The Elithion told me which cell it was so there was no hunting, I knew exactly which battery box to remove and which cell in the box was being funky.

I took the bus bar off the cell and saw that some of the Locktite that I use on the battery bolt had oozed out got between the bus bar and battery terminal causing high contact impedance.

Without the BMS I would have had a hard time even knowing about this issue. 

This is exactly why I purchased my BMS. 
My question is, how do the anti BMS people find these issues in thier packs before they cause damage? 

Disclaimer: This post should not be considered as an endorsment of the Elithion BMS system. It should be considered ,however, an endorsment for cell level monitoring.


----------



## madderscience (Jun 28, 2008)

I just had a very similar experience. I've "only" got flooded lead acid and I have a homebuilt monitoring system that watches each 6V battery. My batteries are only about a year old, and after getting the 2nd generation of my system installed which is a substantial improvement over the 1st generation, I immediately noticed that battery number 15 (out of 21) was substantially lower under load than the others. 
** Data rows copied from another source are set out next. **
//! Exact answers.
ghost use Rattle.std.specs.Prelude.{◌≡◌, ◌↔◌, ◌+◌, ◌-◌, ◌*◌, ◌<◌, ◌≤◌, None, Some, IfSome, MatchOption, [], ◌∷◌};
ghost use Rattle.std.specs.Prelude.{length, ◌<ℤ◌, ◌≤ℤ◌, ◌*ℤ◌, pos, neg_ℤ, unsigned_abs};
ghost use Rattle.fz_num.specs.Fractions.{Quotient, IsValueOf};
ghost use Rattle.fuzzy_meaning.specs.Blocks.{IsValid, AreInputs, output_at};
ghost use Rattle.fuzzy_meaning.specs.Holding.{share_of, shares_of, AreSmall, IsSmall, Reduces};
ghost use Rattle.fuzzy_meaning.specs.Meaning.{shares, heavy_shares, heavy_terms, answer_after, weighted_sum};
ghost use Rattle.fuzzy_meaning.specs.Meaning.{total_mass, resting as resting_answer};

use crate::block::{Block, Output};
use crate::masses::mass;
use fz_num::{Dec, Frac};

/// A term that has a mass: its singleton and its mass.
#[derive(Clone, Copy)]
struct Heavy {
    at: Dec,
    mass: Frac,
}

/// The terms that have a mass, at most two.
#[derive(Clone, Copy)]
enum Held {
    Nothing,
    One(Heavy),
    Two(Heavy, Heavy),
}

impl Held {
    /// With one more in front, or `None` if there are two.
    fn with(self, term: Heavy) -> Option<Held>
        requires held { AreSmall self }
        requires term { IsSmall term }
        ensures terms { MatchOption result (length (shares_of self) ≡ 2)
            (λ h. shares_of h ≡ share_of term ∷ shares_of self) }
        ensures small { IfSome result AreSmall }
    {
        match self {
            Held::Nothing => Some(Held::One(term)),
            Held::One(other) => Some(Held::Two(term, other)),
            Held::Two(..) => None,
        }
    }

    /// The singletons weighted by their masses, in units of 1, if there is a mass.
    fn centre(self) -> Option<Frac>
        requires { AreSmall self }
        ensures none { (result ≡ None) ↔ (shares_of self ≡ []) }
        ensures num { IfSome result (λ f. f.num ≡ weighted_sum (shares_of self)) }
        ensures den { IfSome result (λ f. f.den ≡ pos (total_mass (shares_of self) * 10000)) }
    {
        match self {
            Held::Nothing => None,
            Held::One(a) => {
                let n = a.mass.num as u128;
                Some(Frac {
                    num: times(a.at, n),
                    den: (n * 10_000) as i128,
                })
            }
            Held::Two(a, b) => {
                let n = a.mass_over(b);
                let m = b.mass_over(a);
                Some(Frac {
                    num: times(a.at, n) + times(b.at, m),
                    den: ((n + m) * 10_000) as i128,
                })
            }
        }
    }
}

impl Heavy {
    /// The numerator of its mass, over the denominator of both.
    fn mass_over(self, other: Heavy) -> u128
        requires this { IsSmall self }
        requires other { IsSmall other }
        ensures value { result ≡ unsigned_abs self.mass.num * unsigned_abs other.mass.den }
        ensures bound { result ≤ 1600000000000000000000000000 }
    {
        self.mass.num as u128 * other.mass.den as u128
    }
}

fn times(at: Dec, n: u128) -> i128
    requires low { neg_ℤ (pos 1000010000) ≤ℤ at.0 }
    requires high { at.0 ≤ℤ pos 1000010000 }
    requires n { n ≤ 1600000000000000000000000000 }
    ensures value { result ≡ at.0 *ℤ pos n }
    ensures above { neg_ℤ (pos 1600016000000000000000000000000000000) ≤ℤ result }
    ensures below { result ≤ℤ pos 1600016000000000000000000000000000000 }
{
    i128::from(at.0) * n as i128
}

/// The exact answer of an output to a sample `xs`, in units of 1, where `before` is its previous answer: the
/// singletons weighted by their masses; if no term has a mass, the DEFAULT, and with NC `before`, whatever it is.
/// The result is `None` exactly where more than two terms have a mass: their common denominator could exceed 128
/// bits.
pub fn exact(block: &Block, out: u8, xs: &[Dec], before: Frac) -> Option<Frac>
    requires block { IsValid block.now }
    requires out_from { 1 ≤ out }
    requires out_to { out ≤ length block.now.outputs }
    requires xs { AreInputs block.now xs.now }
    requires before { pos 0 <ℤ before.den }
    ensures none { (result ≡ None) ↔ (2 < heavy_terms block.now out xs.now) }
    ensures answer { IfSome result (λ f. (q : Quotient) → IsValueOf q before
        → IsValueOf (answer_after block.now out q xs.now) f) }
{
    let output = &block.outputs.as_slice()[out as usize - 1];
    let held = held_terms(block, out, output, xs)?;
    match held.centre() {
        Some(answer) => Some(answer),
        None => Some(resting(output, before)),
    }
}

/// The DEFAULT, or with NC the previous answer.
fn resting(output: &Output, before: Frac) -> Frac
    ensures { (q : Quotient) → IsValueOf q before → IsValueOf (resting_answer output.now q) result }
{
    match output.default {
        Some(number) => Frac {
            num: i128::from(number.0),
            den: 10_000,
        },
        None => before,
    }
}

/// The terms of an output that have a mass, or `None` if there are more than two.
fn held_terms(block: &Block, out: u8, output: &Output, xs: &[Dec]) -> Option<Held>
    requires block { IsValid block.now }
    requires out_from { 1 ≤ out }
    requires output { output_at block.now out ≡ Some output.now }
    requires xs { AreInputs block.now xs.now }
    ensures terms { MatchOption result (2 < length (heavy_shares (shares block.now xs.now out output.now)))
        (λ h. shares_of h ≡ heavy_shares (shares block.now xs.now out output.now)) }
    ensures sums { IfSome result (λ h. Reduces (shares block.now xs.now out output.now) (shares_of h)) }
    ensures small { IfSome result AreSmall }
{
    let singletons = output.singletons.as_slice();
    let mut held = Held::Nothing;
    for k in (0..singletons.len()).rev() {
        let term = Heavy {
            at: singletons[k],
            mass: mass(block, out, k as u8 + 1, xs),
        };
        if term.mass.num > 0 {
            held = held.with(term)?;
        }
    }
    Some(held)
}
This was very annoying since the batteries are barely a year old and should still be in their prime. However, after thinking about it for a while I realized that due to the way I hooked up my monitoring devices there are sections of battery cable in the circuit so excessive resistance on the cables would cause a low reading under load. This seemed very plausible since I was seeing voltage sag on that battery when the car was hot off the charger, not the same way weak batteries behave.

Sure enough, one of the cables on the "bad" battery was moderately warm while all the others were cool to the touch. I caught it before any damage was done. It is an easy fix, and I didn't have to do anything to know something was wrong other than glance at the bargraph display.


----------



## JRP3 (Mar 7, 2008)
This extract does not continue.